I’ve relaxed a bit much recently, enough to take a long look at what I’ve gone and created with this blog and enough to stutter-step my way into whatever is next on it. In the midst of the “stutter”, while considering the redesigns to come and some of the changes in here, I think I’ll just relax and hand over the earphones for a bit. Let’s check out the Weather Report, shall we?

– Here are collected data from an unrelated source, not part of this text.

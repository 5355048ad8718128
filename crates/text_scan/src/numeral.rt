//! Numbers in text.

ghost use Rattle.std.specs.Prelude.{◌≡◌, ◌-◌, ◌^◌, ◌≤◌, if◌then◌else◌, length, IfSome};
ghost use Rattle.text_scan.specs.Numeral.{begins_hexadecimal, begins_numeral, numeral_at};
ghost use Rattle.text_scan.specs.Numeral.{numeral_len, numeral_value, whole_number};

use crate::digits::leading_digits;

/// The number at place `at` of the bytes, and the place after its last digit. The place is at most
/// the number of bytes.
///
/// A number is decimal digits, or `0x` or `0X` and hexadecimal digits of either case, as many as
/// follow. Leading zeros change nothing, and `0x` without a hexadecimal digit is the number 0
/// before an `x`.
///
/// None exactly where no number stands at the place, or its value is above `max`, however many
/// digits it has. It takes no memory. Source: ISO C, 6.4.4.1, decimal and hexadecimal constants
/// without suffixes; no number here is octal.
pub fn number(bytes: &[u8], at: usize, max: u64) -> Option<(u64, usize)>
    requires { at ≤ length bytes.now }
    ensures { result ≡ numeral_at bytes.now at max }
{
    let (value, len) = leading_number(&bytes[at..])?;
    (value <= max).then_some((value, at + len))
}

/// The number that the whole text is. None where the text isn't a number of at most `max`.
pub fn whole_number(text: &[u8], max: u64) -> Option<u64>
    ensures number { result ≡ whole_number max text.now }
    ensures bound { IfSome result (λ value. value ≤ max) }
{
    let (value, end) = number(text, 0, max)?;
    (end == text.len()).then_some(value)
}

/// The number that the text begins with, and how many bytes it takes. None where its value is above
/// 64 bits.
fn leading_number(text: &[u8]) -> Option<(u64, usize)>
    ensures { result ≡ (if begins_numeral (2 ^ 64 - 1) text.now
        then Some (numeral_value text.now, numeral_len text.now) else None) }
{
    if is_hexadecimal(text) {
        let (value, len) = leading_digits(&text[2..], 16)?;
        return Some((value, 2 + len));
    }
    leading_digits(text, 10)
}

/// Whether the text begins with a number in hexadecimal.
fn is_hexadecimal(text: &[u8]) -> bool
    ensures { result ≡ begins_hexadecimal text.now }
{
    matches!(text, [b'0', b'x' | b'X', digit, ..] if char::from(*digit).is_digit(16))
}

Weather Report are responsible for a few things. Among other things, the core group of Wayne Shorter and Joe Zawinul and – at least at first – Miroslav Vitous – were melodic and tonal geniuses. Like many pure jazz artists, they could set a mood, tweak it and leave you in whatever shape they wanted to – they were that good at their instruments and with their amazing ears. Joe Zawinul I have featured in here before (right here, check out his music 40 years later) and Wayne Shorter is simply my all-time favorite saxophonist. But both were totally brilliant. At the time this piece was performed – in Japan, in 1970 – they had already made large murmurs within jazz which was then debating the Miles Davis move into electronics and – in many cases – lamenting all of it – this more “rock and roll” (read simplistic) movement away from what had gotten stodgy, in my opinion. Purists, harumph! Well, these guys sure woke folks up, some kicking and screaming, others, like me, relishing an entirely new direction in music itself. Up-tempo, melodic (almost!), and frighteningly and very directly hitting the soul, right where it gets tickled the hardest. These guys were definitely in the genius category, musically,  and they stood the world on its head for a while. Later, they discovered and exposed  the very best musicians in the world, who clamored to play with this “best in the business” bunch. But this is their first work, from their very first album.